Task description: Return every line below in which "once" appears.

(Extracted data entries)
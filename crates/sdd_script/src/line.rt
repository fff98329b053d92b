//! One line of a script.
ghost use Rattle.std.specs.Prelude.{◌≡◌, MatchResult};
ghost use Rattle.sdd_script_model.specs.ScriptState.{BeginsLine};
ghost use Rattle.sdd_script_model.specs.Script.{Answers};

use crate::acts::{actions, guards, participants};
use sdd_core::Refused;
use sdd_interpreter::Interpreter;
use sdd_script_text::{Action, Answer, Call, Reply};

/// What a call answers, in a line of its own. An opening and a collector's close may name what goes, and no other. `NoMemory` alone refuses it.
pub fn answer_to(interpreter: &mut Interpreter, call: &Call) -> Result<Answer, Refused>
    requires line { BeginsLine interpreter.old }
    ensures answers { MatchResult result (λ answer. Answers interpreter.old call.now answer interpreter.new)
        (λ refused. (refused ≡ Refused.NoMemory) × (interpreter.new ≡ interpreter.old)) }
{
    let reply = match *call {
        Call::Register => {
            let reply = participants::register(interpreter)?;
            return Ok(interpreter.answer(reply));
        }
        Call::Tally => {
            let tally = interpreter.world().tally();
            return Ok(interpreter.answer(Reply::Tally(tally)));
        }
        Call::At(name, Action::Open) => return Ok(guards::open(interpreter, name)?),
        Call::At(name, Action::Collector(action)) => {
            return actions::act_on_collector(interpreter, name, action);
        }
        Call::At(name, Action::Guard(action)) => actions::act_on_guard(interpreter, name, action),
        Call::At(name, Action::Item(action)) => actions::act_on_item(interpreter, name, action)?,
        Call::At(name, Action::Raw(action)) => actions::act_on_raw(interpreter, name, action)?,
        Call::At(name, Action::Cell(action)) => actions::act_on_cell(interpreter, name, action)?,
        Call::At(name, Action::Held(action)) => actions::act_on_held(interpreter, name, action)?,
        Call::At(name, Action::Link(action)) => actions::act_on_link(interpreter, name, action)?,
        Call::At(name, Action::Container(action)) => {
            actions::act_on_container(interpreter, name, action)?
        }
        Call::At(name, Action::Entry(action)) => actions::act_on_entry(interpreter, name, action)?,
        Call::At(name, Action::Bag(action)) => actions::act_on_bag(interpreter, name, action)?,
        Call::At(name, Action::End) => participants::end(interpreter, name),
    };
    Ok(interpreter.answer(reply))
}
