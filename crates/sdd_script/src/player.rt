//! Plays of scripts: from the bytes of calls to the bytes of their answers.
ghost use Rattle.std.specs.Prelude.{◌≡◌, ◌↔◌, List, IfOk, IfErr};
ghost use Rattle.sdd_core.specs.Limits.{AreInRange};
ghost use Rattle.sdd_script_text.specs.Answer.{text_of_all};
ghost use Rattle.sdd_script_text.specs.declared.answer.Answer.{Answer};
ghost use Rattle.sdd_script_text.specs.declared.call.Call.{Call};
ghost use Rattle.sdd_script_text.specs.Play.{Plays, IsSilent, read_failures, write_failures};
ghost use Rattle.sdd_script.specs.Play.{AreAnswers, Prints};

use crate::runner::run;
use sdd_core::{Limits, Refused};
use sdd_script_text::{
    Ended, ReadEnd, Script, Sink, Source, parse_all, print_all, print_fault, read_to_end, write_all,
};
use std::alloc::Global;

/// Reads a script, runs its calls on a new world, and writes what they answer, a line for each.
///
/// Limits are looked at first, and nothing is read where one is out of its range. Then the reader is read to its end.
/// Where a line is no call, nothing is run: the first such line is named, and nothing else is written. Nothing at all
/// is written where reading fails or memory is wanting, and a beginning of what was to be written where writing fails.
pub fn play<R: Source, W: Sink>(
    alloc: Global,
    limits: Limits,
    reader: &mut R,
    writer: &mut W,
) -> Ended
    ensures limits { (result ≡ Ended.LimitsOutOfRange) ↔ ¬ (AreInRange limits) }
    ensures plays { Plays (Prints limits) (R.remaining reader.old) (R.remaining reader.new)
        (W.contents writer.old) (W.contents writer.new) result }

    // Nothing is read where a limit is out of range, and nothing written where the play ends before it writes.
    ensures unread { result ≡ Ended.LimitsOutOfRange → reader.new ≡ reader.old }
    ensures unwritten { IsSilent result → writer.new ≡ writer.old }

    // A fault is answered exactly where the device failed, once.
    ensures reads { R.failures reader.new ≡ read_failures result (R.failures reader.old) }
    ensures writes { W.failures writer.new ≡ write_failures result (W.failures writer.old) }
{
    if !limits.are_in_range() {
        return Ended::LimitsOutOfRange;
    }
    let text = match read_to_end(alloc, reader) {
        Ok(text) => text,
        Err(ReadEnd::NoMemory) => return Ended::NoMemory,
        Err(ReadEnd::Fault) => return Ended::CannotRead,
    };
    let Ok((printed, ended)) = print_of(alloc, limits, text.as_slice()) else {
        return Ended::NoMemory;
    };
    match write_all(writer, printed.as_slice()) {
        Ok(()) => ended,
        Err(_) => Ended::CannotWrite,
    }
}

/// What is to be written for a text, and how its play ends once that is done.
fn print_of(alloc: Global, limits: Limits, text: &[u8]) -> Result<(Vec<u8>, Ended), Refused>
    requires { AreInRange limits }
    ensures prints { IfOk result (λ print. Prints limits text.now print.0.items print.1) }
    ensures err { IfErr result (λ refused. refused ≡ Refused.NoMemory) }
{
    match parse_all(alloc, text)? {
        Script::Calls(calls) => {
            let (answers, scene) = run(alloc, limits, calls.as_slice())?;
            scene.close();
            Ok((print_all(alloc, answers.as_slice())?, Ended::Played))
        }
        Script::Fault(line) => Ok((print_fault(alloc, line)?, Ended::NotACall(line))),
    }
}
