//! What participants of a script do: how they come and go, what they do with guards, with items and their owners, with items in their place and out as raw,
//! with cells and the owners that they hold, with the links of entries and what is behind them, with queues and stacks, what they put among the entries of
//! containers, take out and are told of, with bags, and with collectors; and the end of a script's world.
pub mod actions;
pub mod bags;
pub mod cells;
pub mod collectors;
pub mod containers;
pub mod copies;
pub mod entries;
pub mod exchanges;
pub mod guards;
pub mod items;
pub mod leaving;
pub mod links;
pub mod owners;
pub mod participants;
pub mod queues;
pub mod raw;
pub mod stacks;
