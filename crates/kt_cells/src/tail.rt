//! Bytes that are added behind others, and may be taken back.
ghost use Rattle.std.specs.Prelude.{◌≡◌, ◌<◌, ◌++◌, ◌∷◌, [], length, slice_set, OnOk};

use kt_base::{NoMemory, Octets};
use std::marker::Model;

/// A byte string, and where the bytes begin that were added. Contracts see what stood before, and what was added.
#[derive(Drop)]
pub struct Tail {
    bytes: Vec<u8>,
    start: usize,
}

impl Model for Tail {
    ghost use Rattle.std.specs.Prelude.{◌≤◌, length, take, drop};
    ghost use Rattle.kt_cells.specs.Tail.{TailView};

    ghost Value = { TailView };

    ghost view = { λ t. record { front = take t.start t.bytes.items; added = drop t.start t.bytes.items } };

    ghost invariant = { λ t. t.start ≤ length t.bytes.items };
}

impl Tail {
    /// Nothing behind these bytes.
    pub fn of(bytes: Octets) -> Tail
        ensures front { result.front ≡ bytes }
        ensures added { result.added ≡ [] }
    {
        let bytes = bytes.into_vec();
        let start = bytes.len();
        Tail { bytes, start }
    }

    /// Adds bytes. Without memory nothing is added.
    pub fn extend(&mut self, more: &[u8]) -> Result<(), NoMemory>
        ensures front { self.new.front ≡ self.old.front }
        ensures ok { OnOk result (self.new.added ≡ self.old.added ++ more.now) }
    {
        self.bytes.extend_from_slice(more)?;
        Ok(())
    }

    /// Adds a byte. Without memory nothing is added.
    pub fn push(&mut self, byte: u8) -> Result<(), NoMemory>
        ensures front { self.new.front ≡ self.old.front }
        ensures ok { OnOk result (self.new.added ≡ self.old.added ++ byte ∷ []) }
    {
        self.bytes.push(byte)?;
        Ok(())
    }

    /// How many bytes were added.
    pub fn len(&self) -> usize
        ensures { result ≡ length self.now.added }
    {
        self.bytes.len() - self.start
    }

    /// Writes a byte over one that was added.
    pub fn set(&mut self, at: usize, byte: u8)
        requires { at < length self.old.added }
        ensures front { self.new.front ≡ self.old.front }
        ensures added { self.new.added ≡ slice_set self.old.added at byte }
    {
        let place = self.start + at;
        self.bytes[place] = byte;
    }

    /// The bytes that were added.
    pub fn added(&self) -> &[u8]
        ensures { result.now ≡ self.now.added }
    {
        &self.bytes[self.start..]
    }

    /// Takes the bytes back that were added, and keeps the room.
    pub fn clear(&mut self)
        ensures front { self.new.front ≡ self.old.front }
        ensures added { self.new.added ≡ [] }
    {
        self.bytes.truncate(self.start);
    }

    /// All of the bytes.
    pub fn whole(self) -> Octets
        ensures { result ≡ self.front ++ self.added }
    {
        let Tail { bytes, start: _ } = self;
        Octets::of(bytes)
    }

    /// The bytes that stood before.
    pub fn taken_back(self) -> Octets
        ensures { result ≡ self.front }
    {
        let Tail { mut bytes, start } = self;
        bytes.truncate(start);
        Octets::of(bytes)
    }
}
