//! Lists of cells, read from the front of some bytes.
ghost use Rattle.std.specs.Prelude.{◌≡◌, [], IfOk};
ghost use Rattle.std.specs.Int.{w16};
ghost use Rattle.kt_base.specs.Borrowed.{cell_in};
ghost use Rattle.kt_cells.specs.Rules.{next_id};
ghost use Rattle.kt_bytes.specs.Reading.{Gives, checked_at, many_at};
ghost use Rattle.kt_cells.specs.Reading.{is_id, id_cell_at, listed_cell_at, cells_at, rest_of, cells_behind};
ghost use Rattle.kt_cells.specs.Spelled.{SpellsCells};

use crate::fields::cell_ref_of;
use kt_base::{Cell, CellRef, Cells};
use kt_bytes::Stop;
use kt_bytes::fields::{fault_at, u16_at};
use std::alloc::Global;

/// How many ids there are.
const IDS: u32 = 1 << 16;

/// An id that is not below `least`, and leaves ids for `left` cells from its own on.
fn is_id(left: u16, least: u32, id: u16) -> bool
    ensures { result ≡ is_id left least id }
{
    least <= u32::from(id) && u32::from(id) + u32::from(left) <= IDS
}

fn id_of(left: u16, least: u32, bytes: &[u8]) -> Result<(u16, &[u8]), Stop>
    ensures { Gives (λ x. (x.0, x.1.now)) result (checked_at w16 (is_id left least) bytes.now) }
{
    let (id, rest) = u16_at(bytes)?;
    if is_id(left, least, id) {
        Ok((id, rest))
    } else {
        fault_at(bytes)
    }
}

/// Such an id, and its cell.
#[tactic(auto, unfolding(crate::specs::Reading::id_cell_at))]
fn id_cell_of(left: u16, least: u32, bytes: &[u8]) -> Result<((u16, CellRef<'_>), &[u8]), Stop>
    ensures { Gives (λ x. ((x.0.0, cell_in x.0.1), x.1.now)) result (id_cell_at left least bytes.now) }
{
    let (id, rest) = id_of(left, least, bytes)?;
    let (cell, rest) = cell_ref_of(rest)?;
    Ok(((id, cell), rest))
}

fn least_id(cells: &[(u16, Cell)]) -> u32
    ensures { result ≡ next_id cells.now }
{
    match cells {
        [] => 0,
        [.., (id, _)] => u32::from(*id) + 1,
    }
}

/// A cell of a list of `count`, whose id is above those of the cells before it.
#[tactic(auto, unfolding(crate::specs::Reading::id_cell_at, crate::specs::Reading::listed_cell_at))]
fn listed_cell_of<'a>(
    alloc: Global,
    count: u16,
    front: &[(u16, Cell)],
    bytes: &'a [u8],
) -> Result<((u16, Cell), &'a [u8]), Stop>
    ensures { Gives (λ x. ((x.0.0, x.0.1), x.1.now)) result (listed_cell_at count front.now bytes.now) }
{
    let left = usize::from(count).saturating_sub(front.len()) as u16;
    let ((id, cell), rest) = id_cell_of(left, least_id(front), bytes)?;
    Ok(((id, cell.to_cell(alloc)?), rest))
}

/// So many cells by rising id.
fn counted_cells_of(
    alloc: Global,
    count: u16,
    bytes: &[u8],
) -> Result<(Vec<(u16, Cell)>, &[u8]), Stop>
    ensures { Gives (λ x. (x.0.items, x.1.now)) result (many_at (listed_cell_at count) count [] bytes.now) }
{
    let mut cells = Vec::with_capacity(alloc, usize::from(count).min(bytes.len() / 3))?;
    let mut rest = bytes;
    'cells: for _ in 0..count {
        let (cell, after) = listed_cell_of(alloc, count, &cells, rest)?;
        cells.push(cell)?;
        rest = after;
    }
    Ok((cells, rest))
}

/// Cells by rising id behind their count.
#[tactic(auto, unfolding(crate::specs::Reading::cells_at))]
pub fn cells_of(alloc: Global, bytes: &[u8]) -> Result<(Cells, &[u8]), Stop>
    ensures { Gives (λ x. (x.0, x.1.now)) result (cells_at bytes.now) }
{
    let (count, rest) = u16_at(bytes)?;
    let (cells, rest) = counted_cells_of(alloc, count, rest)?;
    Ok((Cells::of(cells), rest))
}

/// The bytes behind so many cells by rising id.
fn behind_cells(count: u16, bytes: &[u8]) -> Result<&[u8], Stop>
    ensures { Gives (λ rest. rest.now) result (rest_of (many_at (listed_cell_at count) count [] bytes.now)) }
{
    let mut least = 0;
    let mut rest = bytes;
    'cells: for at in 0..count {
        let (listed, after) = id_cell_of(count - at, least, rest)?;
        least = u32::from(listed.0) + 1;
        rest = after;
    }
    Ok(rest)
}

/// The bytes of cells by rising id behind their count, which are not copied.
pub fn spelled_cells_of(bytes: &[u8]) -> Result<(&[u8], &[u8]), Stop>
    ensures cells { Gives (λ x. (cells_behind x.0.now, x.1.now)) result (cells_at bytes.now) }
    ensures spelled { IfOk result (λ x. SpellsCells x.0.now) }
{
    let (count, rest) = u16_at(bytes)?;
    let rest = behind_cells(count, rest)?;
    Ok(bytes.split_at(bytes.len() - rest.len()))
}
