//! Laws of the definitions, each the contract of a function that does nothing.
ghost use Rattle.std.specs.Prelude.{◌≡◌, ℕ, List, Ok};
ghost use Rattle.kt_base.specs.declared.cell.Cell.{Cell};
ghost use Rattle.kt_cells.specs.Spelling.{cell_list};
ghost use Rattle.kt_cells.specs.Rules.{CellListFits};
ghost use Rattle.kt_cells.specs.Reading.{cells_at, cells_behind};
ghost use Rattle.kt_cells.specs.Spelled.{SpellsCells};

/// A list that is read whole is the one that is read where it lies.
pub fn in_place_law()
    ensures { (bytes : List ℕ) (cells : List (ℕ × Cell)) (rest : List ℕ) → cells_at bytes ≡ Ok (cells, rest) → cells ≡ cells_behind bytes }
{}

/// What is spelled is read back where it lies.
pub fn spelled_law()
    ensures again { (cells : List (ℕ × Cell)) → CellListFits cells → cells_behind (cell_list cells) ≡ cells }
    ensures spells { (cells : List (ℕ × Cell)) → CellListFits cells → SpellsCells (cell_list cells) }
{}
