impl<L: Disk, D: Disk + Drop, C: Clock> Engine<L, D, C> {
    /// A tablet in which nothing has happened yet, with the log that holds what opening found and with what is queued for it: the COMMIT of each
    /// write that had none. Its stores mirror what the superblock holds with all records, and its store publishes that.
    pub fn of(
        alloc: Global,
        tablet: Tablet<DiskRowSet, C>,
        journal: Journal<L>,
        queued: RecordList,
        store: StoreSide<D>,
        found: Found<'_, L, D>,
    ) -> Result<Engine<L, D, C>, (Tablet<DiskRowSet, C>, Journal<L>, StoreSide<D>)>
        requires fresh { (tablet.core.trail ≡ []) × (tablet.core.aloft ≡ []) × (tablet.core.stopped ≡ false) }
        requires named { AreNamed found.superblock.now tablet.names }
        // No record names a later DeltaMemStore of a rowset than the one that takes its changes.
        requires deltas { DeltasBelow tablet.names (found.records.now ++ queued) }
        requires shelved { AreShelved (suc tablet.frozen) (2 ^ 64) tablet.names }
        requires log { IsLog (found.records.now ++ queued) }
        requires commits { AreCommits queued }
        requires taken_up { (rules : Rules) (first : Past) → AreRules rules → Opens tablet.opening tablet.mark tablet.core.opened first → HoldsPast rules tablet.core.work.fill found.superblock.now found.records.now tablet.core.opened first
            → TakesUp rules tablet.core.work.fill found.superblock.now tablet.names tablet.core.stores found.records.now queued tablet.core.opened first }
        // The store gives rowset numbers, and the first MemRowSet has one, above those that a superblock, a record or a store has.
        requires numbers { (numbers : Numbers) × NumbersAreFresh found.superblock.now (found.records.now ++ queued) (map name_of tablet.names) numbers × (numbers.next ≤ next_given store.next_rowset) × (numbers.active ≤ first_number tablet.names) }
        requires untold { UntoldFly (found.records.now ++ queued) tablet.core.aloft }
        requires since { tablet.core.opened ≤ tablet.core.c }
        requires last { last_of (found.records.now ++ queued) ≤ tablet.core.c }
        requires names { All (NamesOnly tablet.names) queued }
        requires usable { IsTrue journal.usable }
        requires count { journal.count ≡ length found.records.now }
        requires reads { IsTrue L.tells → records_of (L.seen journal.disk) ≡ found.records.now }
        requires durable { IsTrue L.tells → Holds L.now L.leaves journal.disk (records_of (L.seen journal.disk)) }
        requires openable { IsTrue L.tells → CanOpen L.now L.leaves journal.disk }
        requires others { IsTrue L.tells → KeepsOthers L.now L.leaves found.device.value journal.disk }
        requires faults { L.faults found.device.value ≤ L.faults journal.disk }
        requires store_home { (store.holder ≡ None) × (store.lent ≡ None) × IsTrue store.whole }
        requires superblock { IsTrue D.tells → (held : List HeldFiles) × HoldAll (D.seen store.known) store.meta.rowsets held × (found.superblock.now ≡ super_in store.meta held) }
        // The disk rowsets in memory have the files that the superblock names, or what can be read of them.
        requires filed { (held : List HeldFiles) × AreEachNamed store.meta.rowsets held × AreReadOf held tablet.files × (IsTrue D.tells → HoldAll (D.seen store.known) store.meta.rowsets held) }
        requires mark { (store.meta.a ≡ tablet.mark) × (tablet.core.a ≡ tablet.mark) }
        requires clock { store.meta.c ≤ tablet.core.c }
        // Its superblocks may spell the names of the stores that come.
        requires room { LeavesRoom tablet.names store.next_rowset store.first.most }
        requires store_faults { D.faults found.store.value ≤ D.faults store.known }
        ensures view { IfOk result (λ engine. engine ≡ record {
          tablet = tablet;
          log = record { home = Some journal; known = journal; holder = None; out = []; queued = queued; room = 0; whole = true; first = journal.disk };
          records = found.entry.records.now;
          super = found.entry.superblock.now;
          device = found.entry.device.value;
          store = store;
          store_device = found.entry.store.value;
          running = [];
          upkeep = no_upkeep;
          first_file = store.next_file;
          first_rowset = store.next_rowset;
          found = tablet.names;
        }) }
        ensures back { IfErr result (λ e. (e.0 ≡ tablet) × (e.1 ≡ journal) × (e.2 ≡ store)) }
    {
        tablet.standing();
        store.standing();
        let Ok(running) = Running::new(alloc) else {
            return Err((tablet, journal, store));
        };
        let upkeep = no_upkeep(alloc);
        let (first_rowset, first_file) = store.next_numbers();
        let opened = Snapshot::of(&tablet);
        let store = match Box::new(alloc, store) {
            Ok(store) => store,
            Err(no) => return Err((tablet, journal, no.value)),
        };
        let log = match boxed_log(alloc, journal, queued) {
            Ok(log) => log,
            Err(journal) => return Err((tablet, journal, Box::into_inner(store))),
        };
        match Box::new(alloc, tablet) {
            Ok(tablet) => Ok(Engine {
                tablet,
                log,
                store,
                running,
                records: Snapshot::of(found.records),
                superblock: Snapshot::of(found.superblock),
                device: found.device,
                store_device: found.store,
                upkeep,
                first_file,
                first_rowset,
                opened,
            }),
            Err(no) => {
                let (journal, _) = Box::into_inner(log).take_apart();
                Err((no.value, journal, Box::into_inner(store)))
            }
        }
    }

    /// Takes the plan of the run, which keeps the rules and limits of a plan: all of its sessions run. It takes no memory.
    pub fn set_plan(&mut self, plan: &Plan)
        requires fresh { (self.old.tablet.core.trail ≡ []) × (self.old.tablet.core.aloft ≡ []) × (self.old.tablet.core.stopped ≡ false) }
        requires unplanned { self.old.tablet.core.work.plan ≡ [] }
        requires few { length plan.now ≤ 64 }
        requires keeps { PlanKeeps (record self.old.tablet.core.work { plan = plan.now }) }
        ensures { self.new ≡ record self.old { tablet = record self.old.tablet { core = record self.old.tablet.core { work = record self.old.tablet.core.work { plan = plan.now }; turns = first_turns plan.now } }; running = numbers_of plan.now } }
    {
        self.tablet.set_plan(plan);
        self.running.begin(plan);
    }

    /// Whether the tablet has stopped.
    pub fn is_stopped(&self) -> bool
        ensures { result ≡ self.now.tablet.core.stopped }
    {
        self.tablet.is_stopped()
    }

    /// The ancient history mark and the last timestamp.
    pub fn times(&self) -> (u64, u64)
        ensures mark { result.0 ≡ self.now.tablet.core.a }
        ensures last { result.1 ≡ self.now.tablet.core.c }
    {
        self.tablet.times()
    }

    /// What it stands for: a run from each past that opening found, in which the lines show what the clock gave; where the log
    /// held that past, by rules of the table that take each write of the plan, the log keeps the run, the stores mirror what it holds, and a crash now leaves its writes
    /// up to a time, each acknowledged one among them, also while a pass has the log out. Whatever opening found, its lines tell whether it has stopped, and a crash now leaves the records that
    /// opening found and some of the run. What the pool has promised is what flying writes still need, and the REPLICATE of
    /// each is at its place among the records that are durable, out or queued. Each device is at home where no pass has it out. Under the superblock that is
    /// published, and under one that is lent, a crash leaves of both devices the opened past from its mark on, with the writes up to a time; and with all of
    /// them, seen from the run's mark, where nothing waits and the superblock that is published has that mark and the last timestamp. At each moment since
    /// opening a crash left of the log what was durable, or that and the batch that was out; and of the store the superblock that was published, or the one
    /// that was lent, and the files that it names.
    pub fn standing(&self)
        ensures sound { IsSound C.readings self.now.tablet }
        ensures exact { IsExact self.now.tablet.core.aloft self.now.tablet.core.stores self.now.tablet.pool }
        ensures logged { IsLogged L.tells L.seen self.now }
        ensures stops { TellsStop self.now.tablet.core }
        ensures leaves { LeavesRecords L.tells L.now L.leaves self.now }
        ensures recovers { Recovers L.tells L.now L.leaves self.now }
        ensures recovers_each { RecoversEach L.tells L.seen self.now }
        ensures recovers_all { RecoversAll L.tells L.now L.leaves self.now }
        ensures at_home { self.now.log.holder ≡ None → (journal : JournalView L) × (self.now.log.home ≡ Some journal) }
        ensures home { (journal : _) → self.now.log.home ≡ Some journal → IsHome L.tells L.seen L.now L.leaves L.faults self.now journal }
        ensures lent { (by : ℕ) → self.now.log.holder ≡ Some by → (L.faults self.now.device ≤ L.faults self.now.log.known.disk) × IsTrue self.now.log.whole }
        ensures whole { self.now.tablet.core.stopped ≡ not (are_whole self.now) }
        ensures stored { IsStored L.tells L.seen D.tells D.seen D.faults self.now }
        ensures side { IsSide D.tells D.seen D.now D.leaves D.faults self.now.store }
        ensures store_at_home { self.now.store.holder ≡ None → (disk : D) × (self.now.store.home ≡ Some disk) }
        ensures recovers_pair { RecoversPair L.tells L.seen D.tells D.seen self.now }
        ensures recovers_both { RecoversBoth L.tells L.now L.leaves D.tells D.now D.leaves self.now }
        ensures recovers_all_of_both { IsTrue L.tells → IsTrue D.tells → RecoversAllOfBoth L.now L.leaves D.now D.leaves self.now }
        ensures published { IsTrue D.tells → LeavesPublished D.seen D.now D.leaves self.now }
        ensures made { IsTrue D.tells → (disk : D) → self.now.store.home ≡ Some disk → (image : _) → D.leaves disk (D.now disk) image → SpellMade D.seen self.now.store image }
        ensures log_moments { IsTrue L.tells → (journal : JournalView L) → self.now.log.home ≡ Some journal → WasAppended L.seen L.now L.leaves self.now.log.whole self.now.log.first journal.disk }
        ensures store_moments { IsTrue D.tells → (disk : D) → self.now.store.home ≡ Some disk → WasPublished D.seen D.now D.leaves self.now.store.first.device disk }
        ensures marked { AreMarked self.now }
        ensures failed { HasFailed L.faults D.faults self.now }
        ensures placed { map (λ p. p.0) self.now.tablet.places ≡ map (λ w. w.s) self.now.tablet.core.aloft }
        ensures at_rest { self.now.tablet.core.aloft ≡ [] → self.now.tablet.places ≡ [] }
        ensures among { All (IsPlaced (self.now.log.known.count + length (self.now.log.out ++ self.now.log.queued)) self.now.tablet.places) self.now.tablet.core.aloft }
        ensures there { IsTrue L.tells → All (IsThere (all_of L.seen self.now.log) self.now.tablet.places) self.now.tablet.core.aloft }
    {
        self.tablet.standing();
        // What is durable is what a crash leaves, and the log is at home where no pass has it.
        let _ = self.log.durable();
        let _ = self.log.by();
        self.store.standing();
        let _ = self.store.by();
        self.log.standing();
    }

    /// The devices, the clock, the history, and the superblock that is published, where no pass has a device out.
    pub fn take_apart(self) -> Parts<L, D, C>
        requires home { self.log.holder ≡ None }
        requires store_home { self.store.holder ≡ None }
        ensures log { (journal : JournalView L) × (self.log.home ≡ Some journal) × (result.log ≡ journal.disk) }
        ensures store { self.store.home ≡ Some result.store }
        ensures meta { result.meta ≡ self.store.meta }
        ensures clock { result.clock ≡ self.tablet.clock }
        ensures trail { result.trail ≡ self.tablet.core.trail }
    {
        let Engine {
            tablet,
            log,
            store,
            running: _,
            records: _,
            superblock: _,
            device: _,
            store_device: _,
            upkeep: _,
            first_file: _,
            first_rowset: _,
            opened: _,
        } = self;
        let (clock, trail) = Box::into_inner(tablet).take_apart();
        let (journal, _) = Box::into_inner(log).take_apart();
        let (store, meta) = Box::into_inner(store).take_apart();
        Parts {
            log: journal.into_disk(),
            store,
            clock,
            trail,
            meta,
        }
    }
}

The answer:
    // A fault is answered exactly where the device failed, once.
/// What is to be written for a text, and how its play ends once that is done.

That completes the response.